RU2516534C2 - Regenerative electrochemical power supply system of manned space vehicle with water-closed work cycle and method of system operation - Google Patents

Abstract

FIELD: electricity.

SUBSTANCE: regenerative electrochemical power supply system of a manned space vehicle with water-closed work cycle includes a water electrolyser and an oxygen-hydrogen generator interconnected hydraulically through a water collection tank and interconnected pneumatically with hydrogen and oxygen storage cylinders, the latter of which is connected to the space vehicle life support system by an air-pressure line with a gate, a metal-hydrogen accumulator having a union for hydrogen through which it is connected to the hydrogen storage cylinder by an air-pressure line with a gate. The operating method of the above system includes a closed cycle of water decomposition by current into hydrogen and oxygen, stoichiometric compounding of these gases with production of electricity and water and off-take of oxygen from this cycle, excess of hydrogen is used as a reagent in the metal-hydrogen accumulator which is charged preliminary with removal of hydrogen formed in it during charging.

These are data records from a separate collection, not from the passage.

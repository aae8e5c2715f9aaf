ghost use Rattle.std.specs.Prelude.{◌≡◌, IsTrue, IfOk};

use lift_poly::MultiAffine;
use std::alloc::{AllocError, Global};
use std::ops::Deref;
use std::rc::Rc;

/// A polynomial that several entries hold together. `new` makes one of a polynomial, and `share` one more that
/// holds the same.
#[derive(Drop)]
pub struct SharedPoly {
    poly: Rc<MultiAffine>,
}

impl std::marker::Model for SharedPoly {
    ghost use Rattle.std.specs.Prelude.{List};
    ghost use Rattle.lift_poly.specs.Polynomial.{Term};

    ghost Value = { List Term };

    ghost view = { λ p. p.poly.value };
}

impl SharedPoly {
    /// The polynomial, to be shared.
    pub fn new(alloc: Global, poly: MultiAffine) -> Result<SharedPoly, AllocError>
        ensures { IfOk result (λ p. p ≡ poly) }
    {
        let poly = Rc::new(alloc, poly)?;
        Ok(SharedPoly { poly })
    }

    /// The same polynomial. It takes no memory.
    pub fn share(&self) -> Result<SharedPoly, AllocError>
        ensures { IfOk result (λ p. p ≡ self.now) }
    {
        let poly = self.poly.clone()?;
        Ok(SharedPoly { poly })
    }
}

impl Deref for SharedPoly {
    type Target = MultiAffine;

    ghost deref_gives = { λ p x. x ≡ p };

    fn deref(&self) -> &MultiAffine
        ensures { result.now ≡ self.now }
    {
        &self.poly
    }
}

/// Whether two polynomials are the same.
pub fn is_same(left: &MultiAffine, right: &MultiAffine) -> bool
    ensures same { IsTrue result → left.now ≡ right.now }
    ensures other { left.now ≡ right.now → IsTrue result }
{
    if left.len() != right.len() {
        return false;
    }
    for index in 0..left.len() {
        let (left_set, left_number) = left.term(index);
        let (right_set, right_number) = right.term(index);
        if left_set != right_set || left_number != right_number {
            return false;
        }
    }
    true
}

EFFECT: maintenance of energy intensity, disposal of excess hydrogen, increase of the system safety.

2 cl, 1 dwg

Description

The invention relates to energy and can be used in the development of energy supply systems (SES) of spacecraft (SC) and planetary stations.

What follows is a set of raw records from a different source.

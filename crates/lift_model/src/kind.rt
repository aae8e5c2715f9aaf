/// Whether each state of a model has exactly one choice.
#[derive(Clone, Copy, Debug, PartialEq, Eq)]
pub enum Kind {
    /// A Markov chain: exactly one choice for each state.
    Dtmc,
    /// A Markov decision process: one or more choices for each state.
    Mdp,
}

Regenerative electrochemical systems with a water-closed duty cycle are well known (in particular, energy accumulators with a hydrogen (water) cycle - AEC). Their main elements are a water electrolyzer (EV) and an oxygen-hydrogen electrochemical generator (ECG), combined by common reagent storage means:

- cylinders for storage of hydrogen (BHV) and oxygen (BHK);

- a water collection tank (RSV).

An electrolyzer connected to a primary energy source (for example, a solar battery), decomposes a current of water into hydrogen and oxygen, which serve as working gases for ECG. The water generated during the operation of the latter, in turn, serves to power the EV. The volumes of BHV and BHK in such a system are selected corresponding to the stoichiometric ratio of these gases in the water decomposition reaction (2: 1) - this ensures a minimum load on the EV membrane (US 20100055512 A1, 2010-03-04, IPC: B64C 3/14 (2006.01) B64D 27/02 (2006.01), C25B 1/00 (2006.01).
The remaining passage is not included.